Now, start a BFS from each special cell $$$A$$$ until the BFS ends or reaches a cell $$$B$$$ outside of its component. In the former case, update the answer with the number of vertices visited and mark $$$A$$$ as "dead" (represented by -1 in my solution). If $$$B$$$'s component is dead, mark $$$A$$$'s component as dead. Otherwise, merge the component of $$$A$$$ with the component of $$$B$$$. The special vertex of the union of the two components is simply the special cell of the newly visited component.

Doing the BFS from each special cell takes $$$O(RC)$$$ time. After we process all the merges, the number of components which are not dead is reduced by a factor of at least two. This can repeat at most $$$\log_2(RC)$$$ times (similar to Boruvka's algorithm).

Code

Is there a reason u choose to use Kosaraju instead of Tarjan? Also can Tarjan be used in this case? Thanks! :)

Here's my code. I just thought that traversing the array in two ways will give a correct answer.

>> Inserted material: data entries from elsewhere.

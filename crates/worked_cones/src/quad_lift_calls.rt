use crate::sample_cones::{SPHERE, skeleton_of};
use quad_lift::{Failure, LiftFault, lift, project};
use std::test::Fail;

#[test]
fn a_sphere_has_a_torus(rt: HostRuntime) -> Result<(), Fail> {
    let skeleton = skeleton_of(rt.alloc(), SPHERE)?;
    assert_eq!(rt; skeleton.table().len(), 1);
    let lifted = lift(rt.alloc(), &skeleton, &[1, 0, 0])
        .ok()
        .expect(&rt, "a lift");
    assert_eq!(rt; lifted.as_slice(), [1, 1, 0, 0, 1, 0, 0].as_slice());
    let quads = project(rt.alloc(), 1, &lifted).expect(&rt, "memory");
    assert_eq!(rt; quads.as_slice(), [1, 0, 0].as_slice());
    let most = 170_141_183_460_469_231_731_687_303_715_884_105_727;
    let large = lift(rt.alloc(), &skeleton, &[most, 0, 0]);
    assert!(rt; matches!(large, Err(Failure::Fault(LiftFault::Large))));
    Ok(())
}

#[test]
fn a_figure_eight_has_no_lift(rt: HostRuntime) -> Result<(), Fail> {
    let skeleton = skeleton_of(rt.alloc(), b"cPcbbbiht")?;
    assert_eq!(rt; skeleton.table().len(), 2);
    let lifted = lift(rt.alloc(), &skeleton, &[2, 0, 0, 0, 0, 1]);
    assert!(rt; matches!(lifted, Err(Failure::Fault(LiftFault::NoLift { class: 0 }))));
    Ok(())
}
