use crate::sample_cones::{SPHERE, skeleton_of};
use std::test::Fail;
use surface_definitions::Coords;
use surface_properties::{PropertyFault, Sum, properties_of};

#[test]
fn surfaces_of_a_sphere_are_counted(rt: HostRuntime) -> Result<(), Fail> {
    let skeleton = skeleton_of(rt.alloc(), SPHERE)?;
    assert_eq!(rt; skeleton.table().len(), 1);
    let torus = properties_of(&skeleton, Coords::Standard, &[1, 1, 0, 0, 1, 0, 0]);
    assert_eq!(rt; torus.ok().expect(&rt, "properties").euler, 0);
    let octagon = properties_of(&skeleton, Coords::Octagon, &[0, 0, 1, 1, 0, 0, 0, 1, 0, 0])
        .ok()
        .expect(&rt, "properties");
    assert_eq!(rt; octagon.points, 6);
    assert_eq!(rt; octagon.arcs, 7);
    assert_eq!(rt; octagon.pieces, 3);
    assert_eq!(rt; octagon.euler, 2);
    assert!(rt; !octagon.linking && !octagon.boundary);
    let most = 170_141_183_460_469_231_731_687_303_715_884_105_727;
    let large = properties_of(
        &skeleton,
        Coords::Standard,
        &[most, most, most, most, 0, 0, 0],
    );
    assert!(rt; matches!(large, Err(PropertyFault::Large { sum: Sum::Points })));
    Ok(())
}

My solution was probably a massive overkill. Suppose there are $$$c_{i}$$$ coins on house $$$i$$$ (I shall use zero based indexing). Consider the sum $$$I = \sum_{i = 0}^{n - 1} 2^{i} c_{i}$$$. This sum does not change when you send coins from house $$$i$$$ such that $$$i < n -1$$$ because $$$2^{i}(c_{i} - 2) + 2^{i + 1}(c_{i + 1} + 1) = 2^{i} c_{i} + 2^{i + 1} c_{i + 1}$$$. Also when we send coins from house $$$n - 1$$$ to house $$$0$$$, $$$I$$$ decreases exactly by $$$2^{n} - 1$$$. So if we send coins from house $$$n - 1$$$ to house 0 $$$k$$$ times, we shall have $$$\sum_{i = 0}^{n - 1} 2^{i} a_{i} - \sum_{i = 0}^{n - 1} 2^{i} b_{i} = k(2^{n} - 1)$$$. From this we can uniquely find the value of $$$k$$$.

We are almost done, first send $$$k$$$ coins to house $$$0$$$ from the last houses greedily. Now we can solve this problem for non-cyclic array which can be done with a simple loop.